Problem requirements:
If a line in the material below has the string "IsKnown", copy it out.

Data for this exercise:
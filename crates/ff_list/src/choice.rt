// The candidates of one choice of alpha and beta, and which of them are isomorphisms.
ghost use Rattle.std.specs.Prelude.{◌≡◌, ◌≤◌, IfOk, IsTrue};
ghost use Rattle.std.specs.List.{All};
ghost use Rattle.ff_theory.specs.Ring.{IsElement};
ghost use Rattle.ff_data.specs.Lists.{IsEntry};
ghost use Rattle.ff_data.specs.Pairs.{IsPair};
ghost use Rattle.ff_data.specs.Systems.{AreCoords};
ghost use Rattle.ff_forms.specs.Forms.{HasCandidateForm};
ghost use Rattle.ff_list.specs.Lists.{IsTrueList};
ghost use Rattle.ff_list.specs.Searches.{AreMatched, IsChoice};

use crate::entry::insert;
use crate::known::Known;
use ff_alg::{FiniteField, NoMemory, Steps};
use ff_data::{Candidate, Entry, Pair, PolyLists, System};
use ff_elem::Alg;
use ff_inverse::back;
use ff_match::{candidates, shifted};
use ff_root::roots;
use ff_subst::is_inverse;
use std::alloc::Global;
use std::sync::ledger::Ledger;

/// Adds the entry, where its pairs are inverse to each other.
fn keep_tested<K: FiniteField<E = u32>>(
    alg1: &Alg<K>,
    alg2: &Alg<K>,
    inverse: bool,
    entry: Entry,
    list: &mut Vec<Entry>,
) -> Result<(), NoMemory>
    requires entry { let L = K.lawful alg2.now.k in
        IsTrue inverse → IsEntry L alg1.now.f alg2.now.f entry }
    requires list { IsTrueList (K.lawful alg2.now.k) alg1.now.f alg2.now.f list.old.items }
    ensures { let L = K.lawful alg2.now.k in
        IfOk result (λ _. IsTrueList L alg1.now.f alg2.now.f list.new.items) }
{
    if inverse {
        insert(alg1, alg2, list, entry)
    } else {
        drop(entry);
        Ok(())
    }
}

/// Tests whether the pairs of an entry are inverse to each other, and adds it where they are.
fn keep_entry<K: FiniteField<E = u32>, L: Ledger>(
    alloc: Global,
    alg1: &Alg<K>,
    alg2: &Alg<K>,
    entry: Entry,
    list: &mut Vec<Entry>,
    tests: &mut Steps<L>,
) -> Result<(), NoMemory>
    requires field { alg1.now.k ≡ alg2.now.k }
    requires pair { IsPair (K.lawful alg2.now.k) alg2.now.f entry.pair }
    requires back { IsPair (K.lawful alg2.now.k) alg1.now.f entry.back }
    requires list { IsTrueList (K.lawful alg2.now.k) alg1.now.f alg2.now.f list.old.items }
    ensures list { let L = K.lawful alg2.now.k in
        IfOk result (λ _. IsTrueList L alg1.now.f alg2.now.f list.new.items) }
    ensures tests { tests.old ≤ tests.new }
{
    match is_inverse(alloc, alg1, alg2, &entry.pair, &entry.back, tests) {
        Ok(inverse) => keep_tested(alg1, alg2, inverse, entry, list),
        Err(NoMemory) => {
            drop(entry);
            Err(NoMemory)
        },
    }
}

/// The entry of the pair of a candidate and a pair back.
fn entry_of(c: Candidate, back: Pair) -> Entry
    ensures { result ≡ record { pair = c.pair; back = back } }
{
    Entry { pair: c.pair, back }
}

/// Adds the pair of a candidate with its inverse pair, where they are inverse to each other.
fn keep<K: FiniteField<E = u32>, L: Ledger>(
    alloc: Global,
    alg1: &Alg<K>,
    alg2: &Alg<K>,
    known: &Known,
    s2: &System,
    c: Candidate,
    list: &mut Vec<Entry>,
    tests: &mut Steps<L>,
) -> Result<(), NoMemory>
    requires field { alg1.now.k ≡ alg2.now.k }
    requires systems { AreMatched (K.lawful alg2.now.k) alg1.now.f alg2.now.f known.now s2.now }
    requires candidate { HasCandidateForm (K.lawful alg2.now.k) alg2.now.f s2.now c }
    requires list { IsTrueList (K.lawful alg2.now.k) alg1.now.f alg2.now.f list.old.items }
    ensures list { let L = K.lawful alg2.now.k in
        IfOk result (λ _. IsTrueList L alg1.now.f alg2.now.f list.new.items) }
    ensures tests { tests.old ≤ tests.new }
{
    match back(alloc, alg1, alg2, &known.start.system, s2, &c) {
        Ok(back) => keep_entry(alloc, alg1, alg2, entry_of(c, back), list, tests),
        Err(NoMemory) => {
            drop(c);
            Err(NoMemory)
        },
    }
}

/// Adds the pairs of the candidates that have an inverse pair.
fn keep_each<K: FiniteField<E = u32>, L: Ledger>(
    alloc: Global,
    alg1: &Alg<K>,
    alg2: &Alg<K>,
    known: &Known,
    s2: &System,
    candidates: Vec<Candidate>,
    list: &mut Vec<Entry>,
    tests: &mut Steps<L>,
) -> Result<(), NoMemory>
    requires field { alg1.now.k ≡ alg2.now.k }
    requires systems { AreMatched (K.lawful alg2.now.k) alg1.now.f alg2.now.f known.now s2.now }
    requires candidates { let L = K.lawful alg2.now.k in
        All (HasCandidateForm L alg2.now.f s2.now) candidates.items }
    requires list { IsTrueList (K.lawful alg2.now.k) alg1.now.f alg2.now.f list.old.items }
    ensures list { let L = K.lawful alg2.now.k in
        IfOk result (λ _. IsTrueList L alg1.now.f alg2.now.f list.new.items) }
    ensures tests { tests.old ≤ tests.new }
{
    let mut rest = candidates;
    while let Some(c) = rest.pop() {
        keep(alloc, alg1, alg2, known, s2, c, list, tests)?;
    }
    Ok(())
}

/// The coordinates in s2 of the elements that w may be carried to, where z is carried to
/// `alpha * z + beta`.
fn images_of_w<K: FiniteField<E = u32>, M: Ledger>(
    alloc: Global,
    alg1: &Alg<K>,
    alg2: &Alg<K>,
    known: &Known,
    s2: &System,
    alpha: u32,
    beta: u32,
    nodes: &mut Steps<M>,
) -> Result<PolyLists, NoMemory>
    requires systems { AreMatched (K.lawful alg2.now.k) alg1.now.f alg2.now.f known.now s2.now }
    requires choice { IsChoice (K.elements alg2.now.k) alpha beta }
    ensures coords { IfOk result (All (AreCoords (K.elements alg2.now.k) s2.now)) }
    ensures nodes { nodes.old ≤ nodes.new }
{
    let _first = alg1;
    let coeffs = shifted(alloc, &alg2.k, &known.relation, alpha, beta)?;
    roots(alloc, alg2, s2, coeffs.rows(), known.weight, nodes)
}

/// Adds the isomorphisms that carry z to `alpha * z + beta` and w to one of the elements with these
/// coordinates.
fn keep_candidates<K: FiniteField<E = u32>, L: Ledger>(
    alloc: Global,
    alg1: &Alg<K>,
    alg2: &Alg<K>,
    known: &Known,
    s2: &System,
    alpha: u32,
    beta: u32,
    roots: &PolyLists,
    list: &mut Vec<Entry>,
    tests: &mut Steps<L>,
) -> Result<(), NoMemory>
    requires field { alg1.now.k ≡ alg2.now.k }
    requires systems { AreMatched (K.lawful alg2.now.k) alg1.now.f alg2.now.f known.now s2.now }
    requires choice { IsChoice (K.elements alg2.now.k) alpha beta }
    requires roots { All (AreCoords (K.elements alg2.now.k) s2.now) roots.now }
    requires list { IsTrueList (K.lawful alg2.now.k) alg1.now.f alg2.now.f list.old.items }
    ensures list { let L = K.lawful alg2.now.k in
        IfOk result (λ _. IsTrueList L alg1.now.f alg2.now.f list.new.items) }
    ensures tests { tests.old ≤ tests.new }
{
    let (s1, r) = (&known.start.system, &known.relation);
    let found = candidates(alloc, alg1, alg2, s1, s2, r, alpha, beta, roots)?;
    keep_each(alloc, alg1, alg2, known, s2, found.items, list, tests)
}

/// Adds the isomorphisms that carry z to `alpha * z + beta`.
pub fn search_choice<K: FiniteField<E = u32>, L: Ledger, M: Ledger>(
    alloc: Global,
    alg1: &Alg<K>,
    alg2: &Alg<K>,
    known: &Known,
    s2: &System,
    alpha: u32,
    beta: u32,
    list: &mut Vec<Entry>,
    tests: &mut Steps<L>,
    nodes: &mut Steps<M>,
) -> Result<(), NoMemory>
    requires field { alg1.now.k ≡ alg2.now.k }
    requires systems { AreMatched (K.lawful alg2.now.k) alg1.now.f alg2.now.f known.now s2.now }
    requires choice { IsChoice (K.elements alg2.now.k) alpha beta }
    requires list { IsTrueList (K.lawful alg2.now.k) alg1.now.f alg2.now.f list.old.items }
    ensures list { let L = K.lawful alg2.now.k in
        IfOk result (λ _. IsTrueList L alg1.now.f alg2.now.f list.new.items) }
    ensures tests { tests.old ≤ tests.new }
    ensures nodes { nodes.old ≤ nodes.new }
{
    let roots = images_of_w(alloc, alg1, alg2, known, s2, alpha, beta, nodes)?;
    keep_candidates(
        alloc, alg1, alg2, known, s2, alpha, beta, &roots, list, tests,
    )
}
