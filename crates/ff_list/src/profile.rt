// How many homomorphisms of the ring of a pole system to the field carry z to given elements.
ghost use Rattle.std.specs.Prelude.{◌≡◌, ◌<◌, length, IfOk};
ghost use Rattle.std.specs.List.{All};
ghost use Rattle.ff_theory.specs.Ring.{IsElement};
ghost use Rattle.ff_theory.specs.Values.{ArePolys};
ghost use Rattle.ff_theory.specs.Vector.{IsVector};
ghost use Rattle.ff_lin.specs.Space.{AreVectors, IsSpaceOf};
ghost use Rattle.ff_data.specs.Systems.{AreCoords};
ghost use Rattle.ff_ring.specs.Ring.{HasTable};
ghost use Rattle.ff_characters.specs.Characters.{IsMatrix, IsTable};

use ff_alg::{FiniteField, NoMemory};
use ff_characters::characters;
use ff_data::{PolyLists, System};
use ff_lin::Space;
use ff_poly::Poly;
use std::alloc::Global;

/// The value of a polynomial at c.
fn value_at<K: FiniteField<E = u32>>(k: &K, p: &[u32], c: u32) -> u32
    requires p { All (IsElement (K.elements k.now)) p.now }
    requires c { IsElement (K.elements k.now) c }
    ensures { IsElement (K.elements k.now) result }
{
    let mut value = k.zero();
    let mut i = p.len();
    while i > 0 {
        i -= 1;
        value = k.add(p[i], k.mul(c, value));
    }
    value
}

/// The values of polynomials at c.
fn values_at<K: FiniteField<E = u32>>(
    alloc: Global,
    k: &K,
    list: &[Poly],
    c: u32,
) -> Result<Vec<u32>, NoMemory>
    requires list { ArePolys (K.elements k.now) list.now }
    requires c { IsElement (K.elements k.now) c }
    ensures { IfOk result (λ v. IsVector (K.elements k.now) (length list.now) v.items) }
{
    let mut values = Vec::with_capacity(alloc, list.len())?;
    for i in 0..list.len() {
        values.push(value_at(k, list[i].coeffs(), c))?;
    }
    Ok(values)
}

/// The values at c of the coordinates of products.
fn matrix_at<K: FiniteField<E = u32>>(
    alloc: Global,
    k: &K,
    s: &System,
    row: &PolyLists,
    c: u32,
) -> Result<Vec<Vec<u32>>, NoMemory>
    requires row { All (AreCoords (K.elements k.now) s.now) row.now }
    requires c { IsElement (K.elements k.now) c }
    ensures rows { IfOk result (λ m. AreVectors (K.elements k.now) s.now.e m.items) }
    ensures count { IfOk result (λ m. length m.items ≡ length row.now) }
{
    let _system = s;
    let mut rows = Vec::with_capacity(alloc, row.items.len())?;
    for i in 0..row.items.len() {
        rows.push(values_at(alloc, k, row.items[i].rows(), c)?)?;
    }
    Ok(rows)
}

/// The table of a system at c.
fn table_at<K: FiniteField<E = u32>>(
    alloc: Global,
    k: &K,
    s: &System,
    c: u32,
) -> Result<Vec<Vec<Vec<u32>>>, NoMemory>
    requires table { HasTable (K.elements k.now) s.now }
    requires c { IsElement (K.elements k.now) c }
    ensures { IfOk result (λ t. IsTable (K.elements k.now) s.now.e t.items) }
{
    let mut table = Vec::with_capacity(alloc, s.table.rows.len())?;
    for i in 0..s.table.rows.len() {
        table.push(matrix_at(alloc, k, s, &s.table.rows[i], c)?)?;
    }
    Ok(table)
}

/// 1 for the same index, and 0 for others.
fn unit_entry<K: FiniteField<E = u32>>(k: &K, i: usize, j: usize) -> u32
    ensures { IsElement (K.elements k.now) result }
{
    if i == j { k.one() } else { k.zero() }
}

/// The unit vector of length n with a 1 at the index i.
fn unit<K: FiniteField<E = u32>>(
    alloc: Global,
    k: &K,
    n: usize,
    i: usize,
) -> Result<Vec<u32>, NoMemory>
    ensures { IfOk result (λ v. IsVector (K.elements k.now) n v.items) }
{
    let mut vector = Vec::with_capacity(alloc, n)?;
    for j in 0..n {
        vector.push(unit_entry(k, i, j))?;
    }
    Ok(vector)
}

/// The unit vectors of length n.
fn units<K: FiniteField<E = u32>>(alloc: Global, k: &K, n: usize) -> Result<Vec<Vec<u32>>, NoMemory>
    ensures { IfOk result (λ r. AreVectors (K.elements k.now) n r.items) }
{
    let mut rows = Vec::with_capacity(alloc, n)?;
    for i in 0..n {
        rows.push(unit(alloc, k, n, i)?)?;
    }
    Ok(rows)
}

/// The space of all vectors of length n.
fn whole<K: FiniteField<E = u32>>(alloc: Global, k: &K, n: usize) -> Result<Space, NoMemory>
    ensures { IfOk result (IsSpaceOf (K.elements k.now) n) }
{
    let rows = units(alloc, k, n)?;
    Space::span(alloc, k, n, &rows)
}

/// How many characters an algebra of dimension n has, by its table; its first basis element is 1.
fn count<K: FiniteField<E = u32>>(
    alloc: Global,
    k: &K,
    n: usize,
    table: &[Vec<Vec<u32>>],
) -> Result<usize, NoMemory>
    requires { IsTable (K.elements k.now) n table.now }
{
    let one = unit(alloc, k, n, 0)?;
    let space = whole(alloc, k, n)?;
    let list = characters(alloc, k, table, &one, &space)?;
    Ok(list.len())
}

/// How many homomorphisms of the ring of a pole system to the field carry z to c and fix the
/// constants: the characters of the table at c.
fn count_at<K: FiniteField<E = u32>>(
    alloc: Global,
    k: &K,
    s: &System,
    c: u32,
) -> Result<usize, NoMemory>
    requires table { HasTable (K.elements k.now) s.now }
    requires c { IsElement (K.elements k.now) c }
{
    let table = table_at(alloc, k, s, c)?;
    count(alloc, k, s.e as usize, &table)
}

/// The numbers of homomorphisms of the ring of a pole system to the field by the value of z, where
/// they are known yet, by the index of the value.
#[derive(Drop)]
pub struct Profile {
    counts: Vec<Option<usize>>,
}

impl Profile {
    /// The profile of a system of which nothing is known yet.
    pub fn new<K: FiniteField<E = u32>>(alloc: Global, k: &K) -> Result<Profile, NoMemory> {
        let mut counts = Vec::new(alloc);
        for _i in 0..k.count() {
            counts.push(None)?;
        }
        Ok(Profile { counts })
    }

    /// The number that is known at an index.
    fn known(&self, i: usize) -> Option<usize> {
        if i < self.counts.len() {
            self.counts[i]
        } else {
            None
        }
    }

    /// Keeps the number at an index.
    fn keep(&mut self, i: usize, count: usize) {
        if i < self.counts.len() {
            self.counts[i] = Some(count);
        }
    }

    /// The number at c, which is kept.
    pub fn at<K: FiniteField<E = u32>>(
        &mut self,
        alloc: Global,
        k: &K,
        s: &System,
        c: u32,
    ) -> Result<usize, NoMemory>
        requires table { HasTable (K.elements k.now) s.now }
        requires c { IsElement (K.elements k.now) c }
    {
        let i = k.index(c) as usize;
        match self.known(i) {
            Some(count) => Ok(count),
            None => {
                let count = count_at(alloc, k, s, c)?;
                self.keep(i, count);
                Ok(count)
            },
        }
    }
}

/// Whether as many homomorphisms of the ring of s2 carry z to c as such of s1 carry z to
/// `alpha * c + beta`.
fn agrees<K: FiniteField<E = u32>>(
    alloc: Global,
    k: &K,
    s1: &System,
    s2: &System,
    alpha: u32,
    beta: u32,
    c: u32,
    first: &mut Profile,
    second: &mut Profile,
) -> Result<bool, NoMemory>
    requires first { HasTable (K.elements k.now) s1.now }
    requires second { HasTable (K.elements k.now) s2.now }
    requires alpha { IsElement (K.elements k.now) alpha }
    requires beta { IsElement (K.elements k.now) beta }
    requires c { IsElement (K.elements k.now) c }
{
    let there = first.at(alloc, k, s1, k.add(k.mul(alpha, c), beta))?;
    let here = second.at(alloc, k, s2, c)?;
    Ok(here == there)
}

/// Whether as many homomorphisms of the ring of s2 carry z to c as such of s1 carry z to
/// `alpha * c + beta`, for each c of the field.
pub fn fits<K: FiniteField<E = u32>>(
    alloc: Global,
    k: &K,
    s1: &System,
    s2: &System,
    alpha: u32,
    beta: u32,
    first: &mut Profile,
    second: &mut Profile,
) -> Result<bool, NoMemory>
    requires first { HasTable (K.elements k.now) s1.now }
    requires second { HasTable (K.elements k.now) s2.now }
    requires alpha { IsElement (K.elements k.now) alpha }
    requires beta { IsElement (K.elements k.now) beta }
{
    for i in 0..k.count() {
        let c = k.nth(i);
        if !agrees(alloc, k, s1, s2, alpha, beta, c, first, second)? {
            return Ok(false);
        }
    }
    Ok(true)
}
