// What the search has of the first field.
ghost use Rattle.std.specs.Prelude.{◌≡◌, IfOk, IfErr};
ghost use Rattle.ff_forms.specs.Forms.{HasRelationForm};
ghost use Rattle.ff_list.specs.Lists.{AreBothOrders};
ghost use Rattle.ff_list.specs.Searches.{ArePlaces, IsStart, IsStartFault, IsKnown};

use crate::curve::Curve;
use crate::starts::{Start, StartFault, start_of};
use ff_alg::{FiniteField, NoMemory};
use ff_data::Relation;
use ff_elem::Alg;
use ff_relation::relation;
use ff_ring::weight_bound;
use std::alloc::Global;

/// What the search has of the first field: its points and a pole system, a relation of that, and a
/// bound for the weight of the relation's element w.
#[derive(Drop)]
pub struct Known {
    pub start: Start,
    pub relation: Relation,
    pub weight: u32,
}

/// A number, or the greatest one of 32 bits.
fn capped(n: u64) -> u32 {
    if n < u32::MAX as u64 {
        n as u32
    } else {
        u32::MAX
    }
}

/// A start with a relation of its system.
fn with_relation<K: FiniteField<E = u32>>(alg: &Alg<K>, start: Start, relation: Relation) -> Known
    requires start { IsStart (K.lawful alg.now.k) alg.now.f start }
    requires relation { HasRelationForm (K.elements alg.now.k) start.system relation }
    ensures start { result.start ≡ start }
    ensures known { IsKnown (K.lawful alg.now.k) alg.now.f result }
{
    let _alg = alg;
    let weight = capped(weight_bound(&start.system, relation.w.rows()));
    Known {
        start,
        relation,
        weight,
    }
}

/// A start with a relation of its system, which is looked for.
fn related<K: FiniteField<E = u32>>(
    alloc: Global,
    curve: &Curve<K>,
    start: Start,
) -> Result<Known, StartFault>
    requires { IsStart (K.lawful curve.now.alg.k) curve.now.alg.f start }
    ensures start { IfOk result (λ r. r.start ≡ start) }
    ensures known { IfOk result (IsKnown (K.lawful curve.now.alg.k) curve.now.alg.f) }
    ensures fault { let c = curve.now in let L = K.lawful c.alg.k in
        IfErr result (IsStartFault L c.alg.f c.finite c.infinite) }
{
    match relation(alloc, &curve.alg, &start.system) {
        Ok(relation) => Ok(with_relation(&curve.alg, start, relation)),
        Err(NoMemory) => {
            drop(start);
            Err(StartFault::NoMemory)
        },
    }
}

/// The points of an equation, the first of them that has a pole system within the pole limit, and
/// one there with a relation; else why there is none.
pub fn known_of<K: FiniteField<E = u32>>(
    alloc: Global,
    curve: &Curve<K>,
) -> Result<Known, StartFault>
    requires { let c = curve.now in
        AreBothOrders (K.lawful c.alg.k) c.alg.f c.finite c.infinite }
    ensures places { let c = curve.now in let L = K.lawful c.alg.k in
        IfOk result (λ r. ArePlaces L c.alg.f c.finite c.infinite r.start.places.items) }
    ensures known { let c = curve.now in IfOk result (IsKnown (K.lawful c.alg.k) c.alg.f) }
    ensures fault { let c = curve.now in let L = K.lawful c.alg.k in
        IfErr result (IsStartFault L c.alg.f c.finite c.infinite) }
{
    match start_of(alloc, curve) {
        Ok(start) => related(alloc, curve, start),
        Err(fault) => Err(fault),
    }
}
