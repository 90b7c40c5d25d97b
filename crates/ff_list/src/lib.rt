//! The isomorphism list of two equations: the search for the isomorphisms of their function fields
//! by the pole systems of their points.
#![tactic(auto)]

mod choice;
mod curve;
mod entry;
mod isomorphisms;
mod known;
mod places;
mod profile;
mod search;
mod slopes;
mod starts;

pub use isomorphisms::isos;
pub use starts::{KeptParts, kept};
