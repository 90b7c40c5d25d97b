// The elements that z may be multiplied with.
ghost use Rattle.std.specs.Prelude.{IfOk};
ghost use Rattle.ff_list.specs.Searches.{AreSlopes};

use ff_alg::{FiniteField, NoMemory, is_zero};
use std::alloc::Global;

/// The elements of the field that are not 0, each once, by rising index.
pub fn slopes<K: FiniteField<E = u32>>(alloc: Global, k: &K) -> Result<Vec<u32>, NoMemory>
    ensures { IfOk result (λ r. AreSlopes (K.elements k.now) r.items) }
{
    let mut slopes = Vec::new(alloc);
    for i in 0..k.count() {
        let a = k.nth(i);
        if !is_zero(k, a) {
            slopes.push(a)?;
        }
    }
    Ok(slopes)
}
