//! Derivations that a problem has no model, and a checker on which others can rely.
//!
//! A derivation is a tree of steps, its nodes in preorder. Each node stands on the path of facts that its branch holds: the problem's roots at first, then what the steps conclude. A step goes on with each of its branches; a closing ends its branch, where the facts contradict one another. Where every branch is closed, no interpretation makes the roots true. This is a tableau proof for the calculus of Bansal, Reynolds, Barrett and Tinelli, "A New Decision Procedure for Finite Sets and Cardinality Constraints in SMT" (IJCAR 2016).
#![tactic(auto)]

mod checker;
mod derivation;
mod laws;
mod spelling;
mod stack;
#[cfg(test)]
mod tests;
mod walk;

pub use checker::{check, clashes, closing_fault, step_branches};
pub use derivation::{
    Closing, Derivation, Judgement, Lemma, Lemmas, Node, Nodes, Reason, Step, Steps, Taken,
};
pub use laws::{
    accepts_closed_trees, closed_trees_refute, lemmas_follow, refuses_first_failure, steps_add,
    steps_lead_on,
};
pub use sc_facts::{Fact, FactName, Facts};
pub use sc_rules::PlainStep;
pub use spelling::is_spelt;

Answer to the problem:
ghost use Rattle.ff_list.specs.Searches.{ArePlaces, IsStart, IsStartFault, IsKnown};
    ensures known { IsKnown (K.lawful alg.now.k) alg.now.f result }
    ensures known { IfOk result (IsKnown (K.lawful curve.now.alg.k) curve.now.alg.f) }
    ensures known { let c = curve.now in IfOk result (IsKnown (K.lawful c.alg.k) c.alg.f) }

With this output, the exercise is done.